Латиняне переводят meletan с помощью meditari, melete — как meditatio. Надо не упускать из виду — я, впрочем, об этом говорил,15 — что как meletan-melete в греческом, так и medi-tari-meditatio в латинском обозначают некую деятельность, действование. Это не какое-то замыкание на себя мысли, всту­пившей в свободную игру с самой собой. Это реальное упраж­нение. Слово meletan в некоторых текстах прекрасно может относиться к сельскохозяйственной деятельности.16 Melete — это настоящий труд, факт meletan. Melete — это также термин, которым пользуются учителя риторики для обозначения той подготовительной работы, которой должен заняться готовя­щийся к выступлению, когда ему приходится говорить спон­танно и импровизируя, т. е. не имея перед глазами написанного или выученного наизусть текста. Это способ подготовки, вы­нужденной, тяжелой, но в то же время такой, которая учит го­ворить легко и свободно. Такова melete у риторов.17 Когда философы говорят об упражнениях, связанных с обращением на себя, выражение meletan обозначает, я думаю, что-то по­хожее на melete риторов: работу мысли, которая трудится над собой, мысленный труд, но такой, главная задача которого — приготовить человека к тому, чем ему придется вскоре за­няться.

И мы также имеем слово gumnazein (или gumnazesthai: ме­диальный залог), которое говорит о том, что кто-то занимается гимнастикой, и означает, собственно, «упражняться», «трени­роваться». Мне кажется, что оно гораздо больше соотносится с занятиями в реальной ситуации. Gumnazein — это когда, ока­завшись и в самом деле в каком-то положении, в реальной си­туации, то ли искусственно созданной и организованной, то ли стихийно сложившейся, человек проверяет на что он способен. Это различие между meletan и gumnazein одновременно и очень простое, и не очень ясное. Я говорю не ясное, потому что есть много текстов, в которых совершенно явно не проводится

никакого различия между этими двумя понятиями; например, у Плутарха meletan и gumnazein употребляются одно вместо другого, без какого-либо различия. Но зато вполне очевидно, что в других текстах различие существует.

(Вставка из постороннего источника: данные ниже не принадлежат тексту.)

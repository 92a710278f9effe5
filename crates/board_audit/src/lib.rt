//! The audit of a printed log: whether it is one that the board of its deck can have made, or where it leaves that.
//!
//! It stands on `outage_board`, which makes the entries of a deck's crews, on `board_report` for the line of an entry,
//! on `text_pieces` and `itoa` for names and numbers as texts show them, and on `crew_script`, `margin_policy`,
//! `fault_model` and `unit_sets` for what a deck is made of. A contract says the verdict as a relation between the
//! bytes of the log and the legal histories of the deck, so whoever keeps a log and its deck needs no more than these
//! to know that each of its replies was due.
#![tactic(auto)]

mod auditing;
mod front;
pub mod laws;
mod line;
mod part;
mod verdict;

pub use auditing::audit;
pub use unit_sets::NoMemory;
pub use verdict::Verdict;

У Эпиктета по меньшей мере два раза встречается последовательность mele­tan—grafein—gumnazein.18 Meletan — это значит размышлять, если угодно, упражняться в мышлении. Думают о каких-то ве­щах, началах, размышляют о них, мысленно готовятся к встре­че с ними. Grafein — это значит записывать (итак, о чем-то думают, записывают какие-то вещи). И наконец, gumnazein: в них начинают упражняться на самом деле. Последователь­ность ясна. В таком случае я, если позволите, попробую опере­ться на нес или, точнее, на это различие meletan—gumnazein, и хотя в каком-то смысле и с точки зрения логики надо бы начать с meletan, я, по ряду соображений, с которыми, надеюсь, вы со­гласитесь, предпочитаю начать с конца, т. е. с gumnazein, ины­ми словами — с работы, труда над самим собой в реальной ситуации. И затем я перейду к вопросу о meletan, к размышле­нию и работе мысли над самой собой.

В регистре значений gumnazein, тренировки в реальной си­туации, я полагаю возможным [провести различие]. Это разли­чие, которое я пытаюсь ввести для удобства изложения, немного произвольно, вы это заметите. Дело в том, что вес очень сложно. С одной стороны, мы действительно имеем дело с предписанной практикой, у которой действительно есть свои правила и своя логика: конкретный набор технических прие­мов и требований. Но вместе с тем, повторю, это также про­странство свободы, в нем каждый немного импровизирует, в зависимости от того, чего хочет, что ему нужно и в какой он си­туации. Итак, я несколько отвлеченно буду говорить о двух ве­щах: режиме воздержания и затем о практике испытаний.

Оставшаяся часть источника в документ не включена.